Saved data entries:
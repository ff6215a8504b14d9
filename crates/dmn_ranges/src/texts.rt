//! Sets of texts.
ghost use Rattle.std.specs.Prelude.{◌≡◌, ◌<◌, length, is_some, position, IfNone, IfSome, IsUtf8};
ghost use Rattle.std.specs.Option.{is_none};
ghost use Rattle.std.specs.List.{fold, list_any};
ghost use Rattle.dmn_ranges.specs.Ranges.{text_of, is_word as is_word_of, no_texts};
ghost use Rattle.dmn_ranges.specs.Texts.{word_of, one_if as one_if_of, one_text, any_if as any_if_of, is_some_text, with_word as with_word_of, with_if as with_if_of, joined_texts, is_other_word as is_other_word_of, is_word_in as is_word_in_of, is_word_apart as is_word_apart_of, meet, differ};

const LONGEST: usize = 32;

/// A text of at most 32 bytes.
#[derive(Clone, Copy, Debug, PartialEq, Eq)]
pub struct Word {
    // How many bytes the text has.
    count: u8,
    // The text, and zeros behind it.
    bytes: [u8; 32],
}

/// Any text, or one of a few.
#[derive(Clone, Copy, Debug, PartialEq, Eq)]
pub enum Texts {
    Any,
    Few([Option<Word>; 8]),
}

impl Word {
    // The word of a text, unless this is too long.
    fn of(text: &str) -> Option<Word>
        ensures { result ≡ word_of text.now }
    {
        let bytes = text.as_bytes();
        if LONGEST < bytes.len() {
            return None;
        }
        let mut padded = [0u8; 32];
        padded[..bytes.len()].copy_from_slice(bytes);
        Some(Word {
            count: bytes.len() as u8,
            bytes: padded,
        })
    }

    /// The text; none of bytes that are no text, which no word of a text has.
    pub fn as_str(&self) -> Option<&str>
        ensures some { IfSome result (λ s. s.now ≡ text_of self.now) }
        ensures none { IfNone result (¬ (IsUtf8 (text_of self.now))) }
    {
        match str::from_utf8(self.text()) {
            Ok(text) => Some(text),
            Err(_) => None,
        }
    }

    // The bytes of its text.
    fn text(&self) -> &[u8]
        ensures { result.now ≡ text_of self.now }
    {
        match self.bytes.get(..usize::from(self.count)) {
            Some(bytes) => bytes,
            None => &self.bytes,
        }
    }
}

// Whether this is a word with that text.
fn is_word(text: &[u8], word: &Option<Word>) -> bool
    ensures { result ≡ is_word_of text.now word.now }
{
    match word {
        Some(word) => word.text() == text,
        None => false,
    }
}

// Whether this is a word with another text.
fn is_other_word(text: &[u8], word: &Option<Word>) -> bool
    ensures { result ≡ is_other_word_of text.now word.now }
{
    match word {
        Some(word) => !(word.text() == text),
        None => false,
    }
}

// Whether a word has that text.
fn has_word(words: &[Option<Word>], text: &[u8]) -> bool
    ensures { result ≡ list_any (is_word_of text.now) words.now }
{
    words.iter().any(|word| is_word(text, word))
}

// Whether a word has another text.
fn has_other_word(words: &[Option<Word>], text: &[u8]) -> bool
    ensures { result ≡ list_any (is_other_word_of text.now) words.now }
{
    words.iter().any(|word| is_other_word(text, word))
}

// Whether there is one.
fn has_some(words: &[Option<Word>]) -> bool
    ensures { result ≡ list_any is_some words.now }
{
    words.iter().any(|word| word.is_some())
}

// The first place that is free.
fn free_place(words: &[Option<Word>]) -> Option<usize>
    ensures place { result ≡ position is_none words.now }
    ensures within { IfSome result (λ i. i < length words.now) }
{
    words.iter().position(|word| word.is_none())
}

// One word more, which needs a place that is free.
fn with_word(words: [Option<Word>; 8], word: Word) -> Texts
    ensures { result ≡ with_word_of words word }
{
    if has_word(&words, word.text()) {
        return Texts::Few(words);
    }
    let mut more = words;
    match free_place(&words) {
        Some(place) => {
            more[place] = Some(word);
            Texts::Few(more)
        }
        None => Texts::Any,
    }
}

// One word more, if it is there.
fn with_if(texts: Texts, word: &Option<Word>) -> Texts
    ensures { result ≡ with_if_of texts word.now }
{
    let Some(word) = word else {
        return texts;
    };
    match texts {
        Texts::Any => Texts::Any,
        Texts::Few(words) => with_word(words, *word),
    }
}

// Whether this is a word whose text is among those.
fn is_word_in(words: &[Option<Word>], word: &Option<Word>) -> bool
    ensures { result ≡ is_word_in_of words.now word.now }
{
    match word {
        Some(word) => has_word(words, word.text()),
        None => false,
    }
}

// Whether some word of those has a text of these.
fn have_same(words: &[Option<Word>], others: &[Option<Word>]) -> bool
    ensures { result ≡ list_any (is_word_in_of words.now) others.now }
{
    others.iter().any(|word| is_word_in(words, word))
}

// Whether this is a word beside whose text there is another one among those.
fn is_word_apart(words: &[Option<Word>], word: &Option<Word>) -> bool
    ensures { result ≡ is_word_apart_of words.now word.now }
{
    match word {
        Some(word) => has_other_word(words, word.text()),
        None => false,
    }
}

// Whether some word of those has another text than one of these.
fn have_other(words: &[Option<Word>], others: &[Option<Word>]) -> bool
    ensures { result ≡ list_any (is_word_apart_of words.now) others.now }
{
    others.iter().any(|word| is_word_apart(words, word))
}

impl Texts {
    /// No text.
    pub fn none() -> Texts
        ensures { result ≡ no_texts }
    {
        Texts::Few([None; 8])
    }

    /// One text.
    pub fn one(text: &str) -> Texts
        ensures { result ≡ one_text text.now }
    {
        Texts::one_if(Word::of(text))
    }

    // One text, or any if its word is not there.
    fn one_if(word: Option<Word>) -> Texts
        ensures { result ≡ one_if_of word }
    {
        let Some(word) = word else {
            return Texts::Any;
        };
        Texts::Few([Some(word), None, None, None, None, None, None, None])
    }

    /// Any text where this is said, and otherwise none.
    pub(crate) fn any_if(is_any: bool) -> Texts
        ensures { result ≡ any_if_of is_any }
    {
        if is_any { Texts::Any } else { Texts::none() }
    }

    /// Whether there is one.
    pub fn is_some(&self) -> bool
        ensures { result ≡ is_some_text self.now }
    {
        match self {
            Texts::Any => true,
            Texts::Few(words) => has_some(words),
        }
    }

    /// The texts of both, or any where these are too many.
    pub(crate) fn joined(self, other: Texts) -> Texts
        ensures { result ≡ joined_texts self other }
    {
        match other {
            Texts::Any => Texts::Any,
            Texts::Few(words) => with_words(self, &words),
        }
    }

    /// Whether both can have the same text.
    pub(crate) fn meet(&self, other: &Texts) -> bool
        ensures { result ≡ meet self.now other.now }
    {
        let Texts::Few(words) = self else {
            return other.is_some();
        };
        match other {
            Texts::Any => self.is_some(),
            Texts::Few(others) => have_same(words, others),
        }
    }

    /// Whether a text of the one can be another than one of the other.
    pub(crate) fn differ(&self, other: &Texts) -> bool
        ensures { result ≡ differ self.now other.now }
    {
        let Texts::Few(words) = self else {
            return other.is_some();
        };
        match other {
            Texts::Any => self.is_some(),
            Texts::Few(others) => have_other(words, others),
        }
    }
}

// These words more.
fn with_words(texts: Texts, words: &[Option<Word>]) -> Texts
    ensures { result ≡ fold with_if_of texts words.now }
{
    let mut all = texts;
    for word in words {
        all = with_if(all, word);
    }
    all
}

EXERCISE AIM — Search the data above for "fold" and copy every line where it turns up.

ANSWER TO THIS EXERCISE —
ghost use Rattle.std.specs.List.{fold, list_any};
    ensures { result ≡ fold with_if_of texts words.now }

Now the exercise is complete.